- [Try it]: Look through the data below for the string "about", and copy every line where it turns up.

- [Given records]:

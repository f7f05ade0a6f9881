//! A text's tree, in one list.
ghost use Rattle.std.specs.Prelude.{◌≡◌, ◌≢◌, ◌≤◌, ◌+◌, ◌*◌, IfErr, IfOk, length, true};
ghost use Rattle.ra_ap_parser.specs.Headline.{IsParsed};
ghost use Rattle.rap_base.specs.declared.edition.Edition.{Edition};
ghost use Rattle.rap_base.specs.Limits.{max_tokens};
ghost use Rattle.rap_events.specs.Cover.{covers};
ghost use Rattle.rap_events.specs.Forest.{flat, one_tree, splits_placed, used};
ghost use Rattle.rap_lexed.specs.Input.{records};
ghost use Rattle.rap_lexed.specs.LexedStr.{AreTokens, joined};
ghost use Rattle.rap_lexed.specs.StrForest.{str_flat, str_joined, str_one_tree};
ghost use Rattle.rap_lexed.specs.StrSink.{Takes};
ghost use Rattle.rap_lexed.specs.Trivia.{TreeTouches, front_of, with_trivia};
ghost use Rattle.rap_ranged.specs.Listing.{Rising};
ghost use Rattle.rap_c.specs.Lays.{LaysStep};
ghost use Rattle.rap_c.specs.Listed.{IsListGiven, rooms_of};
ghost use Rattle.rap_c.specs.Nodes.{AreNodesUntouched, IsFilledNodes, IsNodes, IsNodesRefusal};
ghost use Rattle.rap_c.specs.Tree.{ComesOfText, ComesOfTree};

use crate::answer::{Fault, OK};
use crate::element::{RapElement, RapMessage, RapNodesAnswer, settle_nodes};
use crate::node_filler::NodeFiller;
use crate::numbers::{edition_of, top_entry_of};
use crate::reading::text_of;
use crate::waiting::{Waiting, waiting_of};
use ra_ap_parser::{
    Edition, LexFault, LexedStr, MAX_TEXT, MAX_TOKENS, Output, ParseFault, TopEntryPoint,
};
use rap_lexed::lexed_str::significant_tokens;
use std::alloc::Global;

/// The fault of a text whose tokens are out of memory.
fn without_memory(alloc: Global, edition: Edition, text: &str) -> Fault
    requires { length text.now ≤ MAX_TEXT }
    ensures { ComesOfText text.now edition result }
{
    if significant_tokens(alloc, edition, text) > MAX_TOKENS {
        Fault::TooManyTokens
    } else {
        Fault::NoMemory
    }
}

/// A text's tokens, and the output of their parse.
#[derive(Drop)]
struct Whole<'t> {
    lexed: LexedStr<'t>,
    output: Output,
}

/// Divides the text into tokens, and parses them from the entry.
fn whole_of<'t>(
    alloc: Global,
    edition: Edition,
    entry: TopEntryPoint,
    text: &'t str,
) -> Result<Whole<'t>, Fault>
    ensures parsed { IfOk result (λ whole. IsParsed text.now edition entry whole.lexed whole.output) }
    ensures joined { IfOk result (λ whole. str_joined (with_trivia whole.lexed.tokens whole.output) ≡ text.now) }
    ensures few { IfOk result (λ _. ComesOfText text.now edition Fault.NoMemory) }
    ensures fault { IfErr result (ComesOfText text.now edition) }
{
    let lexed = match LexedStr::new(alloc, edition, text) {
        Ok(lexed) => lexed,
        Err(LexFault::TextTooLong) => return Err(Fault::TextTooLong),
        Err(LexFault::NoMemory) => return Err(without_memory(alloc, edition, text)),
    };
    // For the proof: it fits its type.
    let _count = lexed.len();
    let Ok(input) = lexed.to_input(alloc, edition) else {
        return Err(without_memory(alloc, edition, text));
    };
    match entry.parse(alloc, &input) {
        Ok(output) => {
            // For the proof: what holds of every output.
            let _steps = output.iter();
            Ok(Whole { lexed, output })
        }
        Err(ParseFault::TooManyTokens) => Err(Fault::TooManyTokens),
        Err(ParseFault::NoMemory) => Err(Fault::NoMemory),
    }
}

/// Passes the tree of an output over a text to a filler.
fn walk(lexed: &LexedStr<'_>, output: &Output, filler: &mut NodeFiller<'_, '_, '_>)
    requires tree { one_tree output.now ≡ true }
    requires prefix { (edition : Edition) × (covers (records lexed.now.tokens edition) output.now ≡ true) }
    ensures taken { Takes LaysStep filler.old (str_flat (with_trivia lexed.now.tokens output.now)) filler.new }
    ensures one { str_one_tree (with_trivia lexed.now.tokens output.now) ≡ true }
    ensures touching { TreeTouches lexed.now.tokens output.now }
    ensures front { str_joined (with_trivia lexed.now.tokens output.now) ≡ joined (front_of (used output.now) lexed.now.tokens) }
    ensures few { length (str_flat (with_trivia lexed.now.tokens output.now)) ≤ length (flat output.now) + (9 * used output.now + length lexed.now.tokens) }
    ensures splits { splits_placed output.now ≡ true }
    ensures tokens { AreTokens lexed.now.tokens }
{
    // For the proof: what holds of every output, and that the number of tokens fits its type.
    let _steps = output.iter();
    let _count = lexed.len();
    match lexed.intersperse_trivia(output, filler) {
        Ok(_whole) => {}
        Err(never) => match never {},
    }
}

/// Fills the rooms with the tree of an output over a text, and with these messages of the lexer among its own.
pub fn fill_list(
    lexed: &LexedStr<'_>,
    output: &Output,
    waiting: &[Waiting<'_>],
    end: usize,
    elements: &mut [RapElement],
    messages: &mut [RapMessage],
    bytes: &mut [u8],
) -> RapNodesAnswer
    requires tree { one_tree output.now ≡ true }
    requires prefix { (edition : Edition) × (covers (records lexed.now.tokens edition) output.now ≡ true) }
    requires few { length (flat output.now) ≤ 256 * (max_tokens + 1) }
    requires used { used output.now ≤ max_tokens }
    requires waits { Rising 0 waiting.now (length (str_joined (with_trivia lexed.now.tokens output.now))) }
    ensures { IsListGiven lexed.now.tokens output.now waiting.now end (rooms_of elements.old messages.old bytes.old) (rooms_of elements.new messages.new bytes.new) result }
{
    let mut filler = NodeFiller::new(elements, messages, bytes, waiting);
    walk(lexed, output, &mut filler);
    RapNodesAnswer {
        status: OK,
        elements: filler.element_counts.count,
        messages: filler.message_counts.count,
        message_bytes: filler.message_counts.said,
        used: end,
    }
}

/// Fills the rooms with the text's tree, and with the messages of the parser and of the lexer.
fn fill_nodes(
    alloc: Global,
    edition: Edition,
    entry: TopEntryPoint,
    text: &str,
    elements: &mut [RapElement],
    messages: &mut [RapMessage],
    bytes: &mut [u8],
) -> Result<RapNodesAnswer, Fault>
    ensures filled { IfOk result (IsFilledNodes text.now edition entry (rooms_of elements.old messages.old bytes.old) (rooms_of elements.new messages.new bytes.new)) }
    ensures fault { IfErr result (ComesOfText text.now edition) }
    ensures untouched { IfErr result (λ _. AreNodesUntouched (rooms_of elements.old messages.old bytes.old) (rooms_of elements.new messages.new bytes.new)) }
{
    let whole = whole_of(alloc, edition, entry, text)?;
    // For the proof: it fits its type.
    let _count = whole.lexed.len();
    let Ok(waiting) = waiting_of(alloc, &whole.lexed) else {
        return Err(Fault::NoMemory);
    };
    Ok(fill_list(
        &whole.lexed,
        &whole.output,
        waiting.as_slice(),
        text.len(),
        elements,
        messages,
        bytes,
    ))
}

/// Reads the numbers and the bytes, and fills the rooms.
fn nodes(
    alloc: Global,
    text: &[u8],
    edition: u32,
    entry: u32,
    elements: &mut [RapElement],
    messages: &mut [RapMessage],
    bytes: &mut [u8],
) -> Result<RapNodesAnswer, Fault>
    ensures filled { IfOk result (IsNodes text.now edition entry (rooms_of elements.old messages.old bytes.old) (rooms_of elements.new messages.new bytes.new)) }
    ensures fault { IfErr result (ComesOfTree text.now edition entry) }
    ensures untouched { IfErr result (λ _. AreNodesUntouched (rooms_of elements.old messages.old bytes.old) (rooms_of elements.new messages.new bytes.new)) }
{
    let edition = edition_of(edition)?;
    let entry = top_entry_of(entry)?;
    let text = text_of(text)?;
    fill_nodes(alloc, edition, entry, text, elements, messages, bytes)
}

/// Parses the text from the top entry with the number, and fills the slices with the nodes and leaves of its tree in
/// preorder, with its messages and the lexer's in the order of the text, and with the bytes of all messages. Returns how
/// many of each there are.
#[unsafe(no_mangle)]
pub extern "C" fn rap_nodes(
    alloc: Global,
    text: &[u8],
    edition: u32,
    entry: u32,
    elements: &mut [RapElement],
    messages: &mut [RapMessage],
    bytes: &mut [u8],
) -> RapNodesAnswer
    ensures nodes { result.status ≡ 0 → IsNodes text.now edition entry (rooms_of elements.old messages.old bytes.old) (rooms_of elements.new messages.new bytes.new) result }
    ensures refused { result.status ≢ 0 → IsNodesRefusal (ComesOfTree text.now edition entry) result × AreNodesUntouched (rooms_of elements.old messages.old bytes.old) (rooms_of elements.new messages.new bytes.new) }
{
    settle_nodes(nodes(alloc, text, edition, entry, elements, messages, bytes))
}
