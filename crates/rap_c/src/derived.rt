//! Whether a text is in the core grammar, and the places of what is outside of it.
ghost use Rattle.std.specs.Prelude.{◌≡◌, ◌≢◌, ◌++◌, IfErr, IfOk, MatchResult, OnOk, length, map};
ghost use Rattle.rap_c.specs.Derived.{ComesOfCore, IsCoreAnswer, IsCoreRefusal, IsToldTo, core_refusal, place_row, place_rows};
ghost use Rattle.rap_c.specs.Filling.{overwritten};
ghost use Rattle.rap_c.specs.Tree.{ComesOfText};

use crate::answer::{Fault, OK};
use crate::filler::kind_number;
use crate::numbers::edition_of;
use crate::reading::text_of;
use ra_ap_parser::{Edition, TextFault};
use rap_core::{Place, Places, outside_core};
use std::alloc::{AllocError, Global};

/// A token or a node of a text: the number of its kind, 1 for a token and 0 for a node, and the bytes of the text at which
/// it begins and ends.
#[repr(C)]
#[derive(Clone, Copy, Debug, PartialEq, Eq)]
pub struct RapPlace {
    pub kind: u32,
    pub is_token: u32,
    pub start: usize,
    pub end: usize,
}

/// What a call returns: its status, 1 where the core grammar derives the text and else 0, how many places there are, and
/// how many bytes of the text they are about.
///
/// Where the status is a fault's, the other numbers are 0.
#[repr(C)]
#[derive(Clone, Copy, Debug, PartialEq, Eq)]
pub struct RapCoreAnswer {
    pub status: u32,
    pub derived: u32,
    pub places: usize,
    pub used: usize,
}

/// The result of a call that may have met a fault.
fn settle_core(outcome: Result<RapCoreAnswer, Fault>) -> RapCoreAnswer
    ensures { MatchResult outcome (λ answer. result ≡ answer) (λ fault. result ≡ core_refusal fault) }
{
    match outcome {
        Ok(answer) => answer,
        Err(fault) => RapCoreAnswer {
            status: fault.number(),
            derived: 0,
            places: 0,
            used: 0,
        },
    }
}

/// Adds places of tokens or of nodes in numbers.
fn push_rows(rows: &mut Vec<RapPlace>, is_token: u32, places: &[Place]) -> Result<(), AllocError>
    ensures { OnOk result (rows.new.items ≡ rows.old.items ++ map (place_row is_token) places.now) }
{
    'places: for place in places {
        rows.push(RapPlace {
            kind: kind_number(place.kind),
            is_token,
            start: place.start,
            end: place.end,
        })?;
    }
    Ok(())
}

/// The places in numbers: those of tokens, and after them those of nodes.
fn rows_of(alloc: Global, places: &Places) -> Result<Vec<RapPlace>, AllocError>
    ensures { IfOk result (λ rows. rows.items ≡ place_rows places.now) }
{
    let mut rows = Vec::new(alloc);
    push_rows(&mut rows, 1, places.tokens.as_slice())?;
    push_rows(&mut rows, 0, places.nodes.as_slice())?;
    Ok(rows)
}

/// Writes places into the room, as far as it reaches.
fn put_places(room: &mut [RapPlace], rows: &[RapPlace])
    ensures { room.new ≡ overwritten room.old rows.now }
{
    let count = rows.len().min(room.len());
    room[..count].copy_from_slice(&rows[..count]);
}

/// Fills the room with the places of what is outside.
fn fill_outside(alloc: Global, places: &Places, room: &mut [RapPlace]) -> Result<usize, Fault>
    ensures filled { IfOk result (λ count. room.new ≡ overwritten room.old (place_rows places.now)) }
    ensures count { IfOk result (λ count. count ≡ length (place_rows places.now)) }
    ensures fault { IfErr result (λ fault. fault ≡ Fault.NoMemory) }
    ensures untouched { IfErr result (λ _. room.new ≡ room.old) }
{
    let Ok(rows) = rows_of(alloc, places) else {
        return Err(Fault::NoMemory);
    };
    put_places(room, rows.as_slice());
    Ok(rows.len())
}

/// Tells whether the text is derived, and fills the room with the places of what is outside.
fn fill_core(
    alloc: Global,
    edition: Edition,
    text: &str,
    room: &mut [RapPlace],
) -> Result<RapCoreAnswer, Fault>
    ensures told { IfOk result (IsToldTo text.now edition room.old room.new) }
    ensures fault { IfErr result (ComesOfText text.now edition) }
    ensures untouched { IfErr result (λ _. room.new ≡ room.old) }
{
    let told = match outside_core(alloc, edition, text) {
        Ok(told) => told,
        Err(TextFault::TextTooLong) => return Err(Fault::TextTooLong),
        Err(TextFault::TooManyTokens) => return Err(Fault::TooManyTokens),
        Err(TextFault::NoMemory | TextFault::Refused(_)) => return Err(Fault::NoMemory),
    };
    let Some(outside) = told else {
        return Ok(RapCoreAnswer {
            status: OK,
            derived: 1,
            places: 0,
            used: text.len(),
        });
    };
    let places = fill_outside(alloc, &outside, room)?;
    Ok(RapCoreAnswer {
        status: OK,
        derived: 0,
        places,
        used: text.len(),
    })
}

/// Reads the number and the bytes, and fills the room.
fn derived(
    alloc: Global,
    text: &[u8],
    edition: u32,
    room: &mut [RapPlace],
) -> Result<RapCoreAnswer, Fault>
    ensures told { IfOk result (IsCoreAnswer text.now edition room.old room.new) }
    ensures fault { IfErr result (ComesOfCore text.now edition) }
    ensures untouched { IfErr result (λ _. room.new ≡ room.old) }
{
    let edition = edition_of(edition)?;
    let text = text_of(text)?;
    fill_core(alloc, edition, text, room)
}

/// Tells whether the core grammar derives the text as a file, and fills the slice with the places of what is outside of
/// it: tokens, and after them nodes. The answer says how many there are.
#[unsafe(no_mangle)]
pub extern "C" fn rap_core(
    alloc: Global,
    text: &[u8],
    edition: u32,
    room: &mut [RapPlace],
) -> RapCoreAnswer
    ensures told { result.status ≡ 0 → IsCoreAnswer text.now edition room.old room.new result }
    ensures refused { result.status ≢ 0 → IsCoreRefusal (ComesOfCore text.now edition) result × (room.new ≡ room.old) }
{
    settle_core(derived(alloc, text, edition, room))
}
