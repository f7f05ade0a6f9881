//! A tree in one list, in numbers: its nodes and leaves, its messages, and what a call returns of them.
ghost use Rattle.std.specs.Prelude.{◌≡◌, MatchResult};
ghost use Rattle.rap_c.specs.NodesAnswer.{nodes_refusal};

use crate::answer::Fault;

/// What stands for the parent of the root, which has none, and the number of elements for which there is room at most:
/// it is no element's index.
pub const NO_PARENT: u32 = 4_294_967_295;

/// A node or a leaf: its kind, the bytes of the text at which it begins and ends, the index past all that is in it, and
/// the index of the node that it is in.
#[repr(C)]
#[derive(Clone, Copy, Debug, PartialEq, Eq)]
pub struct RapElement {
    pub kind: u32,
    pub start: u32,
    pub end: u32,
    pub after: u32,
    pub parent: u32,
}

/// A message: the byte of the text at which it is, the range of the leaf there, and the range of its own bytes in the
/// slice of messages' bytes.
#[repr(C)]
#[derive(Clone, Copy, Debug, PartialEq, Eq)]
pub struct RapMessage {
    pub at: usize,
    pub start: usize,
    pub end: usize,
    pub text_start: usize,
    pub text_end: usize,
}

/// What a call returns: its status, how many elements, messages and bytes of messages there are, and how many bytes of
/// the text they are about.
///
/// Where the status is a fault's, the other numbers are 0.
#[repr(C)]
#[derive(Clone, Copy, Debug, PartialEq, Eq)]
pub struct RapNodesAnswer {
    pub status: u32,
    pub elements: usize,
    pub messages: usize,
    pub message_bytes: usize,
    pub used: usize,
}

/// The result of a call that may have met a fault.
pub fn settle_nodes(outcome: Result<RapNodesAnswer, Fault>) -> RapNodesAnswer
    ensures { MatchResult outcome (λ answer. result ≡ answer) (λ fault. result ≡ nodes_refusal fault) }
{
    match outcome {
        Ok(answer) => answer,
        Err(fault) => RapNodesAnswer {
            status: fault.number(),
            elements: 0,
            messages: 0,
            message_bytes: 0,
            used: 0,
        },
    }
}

- [Exercise response]:
/// how many bytes of the text they are about.
/// the text they are about.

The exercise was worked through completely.